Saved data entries
== Segment start ==

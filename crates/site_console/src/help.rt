// What `--help` and `--version` say, and the table of commands.
use site_top::Word;
use std::io::{self, Print};

// The version of the program, and the toolchain that it is written for.
const VERSION: &str = "0.3.0";

const KIT: &str = "rattle-kit-13f";

/// A command: its first word, all its words, what it does, an example, and what its words must be beside their number
/// and an identifier, if something.
pub struct Command {
    pub name: &'static str,
    pub words: &'static str,
    pub what: &'static str,
    example: &'static str,
    rule: Option<&'static str>,
}

// What the word PLP of a command must be, and what FILES may be.
const IDENTIFIER_RULE: &str =
    "PLP must be a decimal number from 0 to 255, without sign and leading zeros";

const FILES: &str =
    "CONFIG is a text (docs/FORMATS.md); the files may be pipes: a FIFO, /dev/stdin, /dev/fd/N";

// How many bytes of a command's name tell it at least.
const SHORTEST: usize = 3;

const NO_COMMAND: &str = "these words are no command";

// What the second word of a command may be.
const SHOW_WANTS: &str = "show wants one of config, packets, t2mi, frames";

const COMMON_WANTS: &str = "common wants one of gateway, receive";

// Whether a word of a command stands for another one.
fn is_place(own: &str) -> bool {
    own.as_bytes()
        .first()
        .map_or(false, |byte| byte.is_ascii_uppercase())
}

// Whether a word is the identifier of a PLP.
fn is_identifier(word: &str) -> bool {
    let digits = word.bytes().all(|byte| byte.is_ascii_digit());
    let leads = word.len() > 1 && word.starts_with('0');
    digits && !leads && word.parse::<u8>().is_ok()
}

impl Command {
    // How many words it has. The last one, if it ends with two dots, stands for some or none.
    fn count(&self) -> usize {
        self.words.split(' ').count()
    }

    fn has_too_few(&self, count: usize) -> bool {
        if self.words.ends_with("..") {
            count.saturating_add(1) < self.count()
        } else {
            count < self.count()
        }
    }

    fn has_too_many(&self, count: usize) -> bool {
        !self.words.ends_with("..") && count > self.count()
    }

    // Whether words begin with its name, as far as they go.
    fn fits(&self, words: &[Word]) -> bool {
        for (own, word) in self.words.split(' ').zip(words) {
            if is_place(own) {
                return true;
            }
            if own != word.as_str() {
                return false;
            }
        }
        true
    }

    // Whether the word PLP is among its words.
    fn has_identifier(&self) -> bool {
        self.words.split(' ').any(|own| own == "PLP")
    }

    // Whether what stands for PLP is no identifier.
    fn has_wrong_identifier(&self, words: &[Word]) -> bool {
        let mut pairs = self.words.split(' ').zip(words);
        pairs.any(|(own, word)| own == "PLP" && !is_identifier(word.as_str()))
    }

    // Why words that fit are not this command.
    fn why_not(&self, words: &[Word]) -> &'static str {
        if self.has_too_few(words.len()) {
            "these are too few words"
        } else if self.has_too_many(words.len()) {
            "these are too many words"
        } else if self.has_wrong_identifier(words) {
            IDENTIFIER_RULE
        } else {
            self.rule.unwrap_or(NO_COMMAND)
        }
    }
}

/// The commands.
pub const COMMANDS: [Command; 15] = [
    Command {
        name: "gateway",
        words: "gateway CONFIG OUT IN..",
        what: "writes to OUT the T2-MI stream of a network from one transport stream IN for each PLP, in the order of CONFIG",
        example: "gateway small.txt stream.ts a.ts",
        rule: Some("OUT must be neither CONFIG nor an IN"),
    },
    Command {
        name: "modulate",
        words: "modulate CONFIG IN OUT",
        what: "writes to OUT the records of the T2 frames that a modulator makes from the T2-MI stream IN",
        example: "modulate small.txt stream.ts records",
        rule: Some("OUT must be neither CONFIG nor IN"),
    },
    Command {
        name: "receive",
        words: "receive CONFIG PLP IN OUT",
        what: "writes to OUT the transport stream that a receiver of the PLP with the identifier PLP makes from the records IN",
        example: "receive small.txt 0 records b.ts",
        rule: Some("OUT must be neither CONFIG nor IN"),
    },
    Command {
        name: "common",
        words: "common gateway CONFIG OUT IN..",
        what: "writes to OUT what gateway writes, from one IN for each PLP that is not common: a packet that all INs of a group have in a slot goes once, in its common PLP",
        example: "common gateway shared.txt joint.ts one.ts other.ts",
        rule: Some("OUT must be neither CONFIG nor an IN"),
    },
    Command {
        name: "common",
        words: "common receive CONFIG PLP IN OUT",
        what: "writes to OUT what receive writes of a PLP that is not common, with the packets that the common PLP of its group carries",
        example: "common receive shared.txt 1 joint one.back",
        rule: Some("OUT must be neither CONFIG nor IN"),
    },
    Command {
        name: "merge",
        words: "merge CONFIG A B OUT",
        what: "writes to OUT one T2-MI stream of two of a network, A and B: each frame from the first of them that has it whole",
        example: "merge small.txt stream.ts late.ts merged.ts",
        rule: Some("OUT must be neither CONFIG nor A nor B"),
    },
    Command {
        name: "mend",
        words: "mend CONFIG OUT IN..",
        what: "writes to OUT one T2-MI stream of one to eight of a network, the INs: each frame of which they have every packet together, at the instant that its timestamp tells; OUT stands in front of the INs, and is overwritten",
        example: "mend small.txt mended.ts stream.ts late.ts",
        rule: Some("there must be one to eight INs, and OUT must be neither CONFIG nor an IN"),
    },
    Command {
        name: "swap",
        words: "swap CONFIG PLP T2MI IN OUT",
        what: "writes to OUT the T2-MI stream T2MI with the packets of the PLP with the identifier PLP replaced by those of the transport stream IN",
        example: "swap small.txt 0 stream.ts region.ts swapped.ts",
        rule: Some("OUT must be neither CONFIG nor T2MI nor IN"),
    },
    Command {
        name: "compare",
        words: "compare CONFIG A B",
        what: "says of each frame of two T2-MI streams of a network, A and B, whether both send it with the same L1 and the same blocks",
        example: "compare small.txt stream.ts late.ts",
        rule: None,
    },
    Command {
        name: "plan",
        words: "plan CONFIG",
        what: "shows what follows from a configuration: slots, delays and sizes",
        example: "plan small.txt",
        rule: None,
    },
    Command {
        name: "show",
        words: "show config FILE",
        what: "shows a configuration as it is written, in version 2 of the text",
        example: "show config small.txt",
        rule: None,
    },
    Command {
        name: "show",
        words: "show packets FILE",
        what: "shows the T2-MI packets that stand back to back in FILE, a line each",
        example: "show packets packets.t2mi",
        rule: None,
    },
    Command {
        name: "show",
        words: "show t2mi FILE",
        what: "shows the T2-MI packets in the transport packets of FILE, a line each",
        example: "show t2mi stream.ts",
        rule: None,
    },
    Command {
        name: "show",
        words: "show frames FILE",
        what: "shows the records of T2 frames in FILE, a line each",
        example: "show frames records",
        rule: None,
    },
    Command {
        name: "trial",
        words: "trial SEED FRAMES",
        what: "tries a whole network on inputs drawn from SEED for 6 to 64 FRAMES, and needs no file",
        example: "trial 1 6",
        rule: Some(
            "SEED must be a decimal number below 2^64 and FRAMES one from 6 to 64, both without sign and leading zeros",
        ),
    },
];

/// What somebody asks who asks for no command.
pub enum Asked<'a> {
    /// The version.
    Version,
    /// Help, of the commands that words name.
    Help(&'a [Word]),
}

// Whether a word asks for help.
fn asks_for_help(word: &str) -> bool {
    word == "--help" || word == "-h"
}

fn is_command(name: &str) -> bool {
    COMMANDS.iter().any(|command| command.name == name)
}

// Whether words begin with the name of a command, as far as they go.
fn is_named(words: &[Word]) -> bool {
    COMMANDS.iter().any(|command| command.fits(words))
}

/// Why words are no command.
pub fn why_no_command(words: &[Word]) -> &'static str {
    let Some(first) = words.first() else {
        return NO_COMMAND;
    };
    for command in &COMMANDS {
        if command.fits(words) {
            return command.why_not(words);
        }
    }
    match first.as_str() {
        "show" => SHOW_WANTS,
        "common" => COMMON_WANTS,
        _ => NO_COMMAND,
    }
}

/// What is asked: the version or help by the first word, or help on a command by a word behind its name.
pub fn asked_of(words: &[Word]) -> Option<Asked<'_>> {
    let (first, others) = words.split_first()?;
    let first = first.as_str();
    if first == "--version" || first == "-V" {
        return Some(Asked::Version);
    }
    if asks_for_help(first) || first == "help" {
        let is_known = others
            .first()
            .map_or(true, |name| is_command(name.as_str()));
        return if is_known {
            Some(Asked::Help(others))
        } else {
            None
        };
    }
    let place = words.iter().position(|word| asks_for_help(word.as_str()))?;
    if is_command(first) {
        return Some(Asked::Help(words.get(..place).unwrap_or(words)));
    }
    None
}

// How many bytes two words have in common at the front and at the end.
fn common(one: &[u8], other: &[u8]) -> usize {
    let front = one.iter().zip(other).take_while(|(a, b)| a == b).count();
    let backwards = one.iter().rev().zip(other.iter().rev());
    let back = backwards.take_while(|(a, b)| a == b).count();
    front.saturating_add(back)
}

// Whether two words are the same but for two bytes in a row.
fn is_near(one: &str, other: &str) -> bool {
    let longest = one.len().max(other.len());
    common(one.as_bytes(), other.as_bytes()).saturating_add(2) >= longest
}

// Whether a word is the beginning of a name, and no short one.
fn begins(name: &str, word: &str) -> bool {
    word.len() >= SHORTEST && name.starts_with(word)
}

/// Whether words may mean a command with this name: if they name one, as far as they go, it is that one.
pub fn may_mean(command: &Command, name: &str, words: &[Word]) -> bool {
    command.name == name && (command.fits(words) || !is_named(words))
}

/// The name of the command that a first word is, or else that it is near to.
pub fn meant_by(words: &[Word]) -> Option<&'static str> {
    let first = words.first()?.as_str();
    for command in &COMMANDS {
        if command.name == first {
            return Some(command.name);
        }
    }
    for command in &COMMANDS {
        if is_near(command.name, first) || begins(command.name, first) {
            return Some(command.name);
        }
    }
    None
}

// Says a command of the program, whose name is this.
fn say_command(rt: &impl Print, program: &str, command: &Command) -> io::Result<()> {
    println!(rt; "{program} {}\n    {}", command.words, command.what)?;
    if command.has_identifier() {
        println!(rt; "    {IDENTIFIER_RULE}")?;
    }
    if let Some(rule) = command.rule {
        println!(rt; "    {rule}")?;
    }
    println!(rt; "    for example: {program} {}", command.example)
}

// Says all commands.
fn say_all(rt: &impl Print, program: &str) -> io::Result<()> {
    for command in &COMMANDS {
        say_command(rt, program, command)?;
    }
    Ok(())
}

// Says the commands that words may mean of those with a name.
fn say_named(rt: &impl Print, program: &str, name: &str, words: &[Word]) -> io::Result<()> {
    for command in &COMMANDS {
        if may_mean(command, name, words) {
            say_command(rt, program, command)?;
        }
    }
    println!(rt; "{FILES}")
}

/// Says what is asked of the program, on standard output.
pub fn say(rt: &impl Print, program: &str, asked: Asked<'_>) -> io::Result<()> {
    let words = match asked {
        Asked::Version => return println!(rt; "vicelotus {VERSION}, for {KIT}"),
        Asked::Help(words) => words,
    };
    let name = words.first().map_or("", |word| word.as_str());
    if is_command(name) {
        return say_named(rt, program, name, words);
    }
    say_all(rt, program)?;
    println!(rt;
        "{FILES}\nFormats, endings and examples: docs/FORMATS.md, README.md, docs/EXAMPLES.md (installed: PREFIX/share/doc/vicelotus)"
    )
}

== Segment end ==

PROBLEM REQUIREMENTS
Restate word for word only the lines running from the beginning of the data to the line holding "const KIT: &str", both included.

RESPONSE TO THE TASK
filename crates/site_console/src/help.rt
// What `--help` and `--version` say, and the table of commands.
use site_top::Word;
use std::io::{self, Print};

// The version of the program, and the toolchain that it is written for.
const VERSION: &str = "0.3.0";

const KIT: &str = "rattle-kit-13f";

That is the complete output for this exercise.